8. Stupid Descriptions.

This is my main reason I do not enjoy historical romance. I don’t like to read about throbbing members, mons, petals, cups…manflesh, or ripped bodices. How about some modern euphemisms please, or some new ones? Wang, Dipstick, Johnson…no just kidding. Some of the dumbest names for parts of the bodies I’ve experienced in a Bad Romance novel….it usually involves flower metaphors. Then there is the plot descriptions – ever read a bad romance novel where adjective after adjective is used to describe a setting? I understand you want to paint a picture, but, do you really have to spend pages describing the heroine’s kitchen? Or the damn shopping trip she took, or the clothes they wear, the friggin’ garden, her own appearance as she looks in the mirror and contemplates her own beauty? I might really really like adjectives, but sometimes enough is enough.

9. Insta-Love Time.

The fate/mated couple, the couple that falls immediately in love even though they spend only 24 hours together. The made-for-you couple, the one that he is the only one that can touch her, because she has some weird pheromone problem that kills anyone (but him) that she comes in contact with. These types of couples drive me bat-shit. Even worse – the mate.
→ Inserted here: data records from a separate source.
//! Laws of lines. A law does nothing when it runs.

ghost use Rattle.insn_set.specs.declared.insn.Insn.{Insn};
ghost use Rattle.insn_set.specs.Spelling.{IsInsn};
ghost use Rattle.text_line.specs.Law.{OneReading, OneInsn, IsWrittenInRange, IsPrinted};

/// A law: two readings of the same bytes by the definition `ReadAs` are equal; a reading is a line, or `None` if the bytes are no line. So
/// what `read_line` returns is the only reading that the definition allows, and a text has at most one program.
pub fn one_reading()
    ensures { OneReading }
{}

/// A law: two instructions with the same written form are the same, whatever their numbers are. The written form (`written`) is the `Form`
/// of the line that is printed for an instruction. So the forms on the lines of a text, with a distance for each label, determine its
/// program (`one_program` of `bpf_text`).
pub fn one_instruction()
    ensures { OneInsn }
{}

/// A law about each instruction whose numbers fit their fields, with registers 0 to 10 (`IsInsn`). Its written form, that of its printed
/// line, has each number in the range of its field, names no label, and has as many slots as the instruction is spelled in. The form is
/// unchanged if labels are resolved, whatever distance replaces a label. So a printed line has no fault in its numbers or labels.
pub fn written_in_range()
    ensures { (insn : Insn) → IsInsn insn → IsWrittenInRange insn }
{}

/// A law: for an instruction whose numbers fit their fields (`IsInsn`), the printed text is one line, without a line feed, and that line is
/// read as the instruction's written form, without a label (`IsPrinted`). No other instruction has this form (law `one_instruction`), so
/// the text that `disassemble` of `bpf_text` prints of a program is read as its instructions. The body calls the law `written_in_range`,
/// since the proof needs that each number of the form is in its range and that the form names no label.
pub fn printed_is_read()
    ensures { (insn : Insn) → IsInsn insn → IsPrinted insn }
{
    written_in_range();
}
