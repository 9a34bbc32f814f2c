//! A program with what the verifier knows of it, as text: a line for each instruction, or its control flow as a graph.
//!
//! # What is proved
//!
//! - Lines end with the verdict that they are written from; before it are whole lines: `listing_of`.
//!
//! How the facts are written, and the graph, are only tested (`cases_logs`).
//!
//! # Decisions
//!
//! - A line shows what differs from the line above, also after a jump: so a line needs only the facts of the line before it,
//!   and all that is known at a line follows from those above it.
//! - The time of a listing grows with its slots: the jumps are sorted once by target.
#![tactic(auto)]

mod control;
mod graph;
mod known;
mod lines;
mod listing;
mod steps;

pub use listing::listing_of;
The only one woman for me, she’s a virgin – be he’s whored his way through his paranormal community, drive me nuts. Some work, some don’t. Kresley Cole is famous for this, her 500 year old virgin finds his fated mate. Hers work though, because even though they are mates, she makes them work to find the common ground. A lot of novels employ the fated mates and then the couple just rolls with it. “Well he’s my mate…I gotta love ’em.”

10. The Make-Over.

The main character, usually the heroine, is rarely noticed. But, she either comes into her own (grows up one summer or moves back after years away) or gets a make-over and suddenly that guy is totally into her. Oh, you only like me cause I’m pretty? Ok. *rolls eyes* This pisses me off, mainly because it perpetuates the bull that only pretty girls can find love and you need to “turn” pretty to get anywhere in life. Knowing full well that the person that wrote that book is still hoping that one day, she’ll turn pretty and find her own knight.

What do you think? What Romantic cliches, traps or tropes drive you nutty?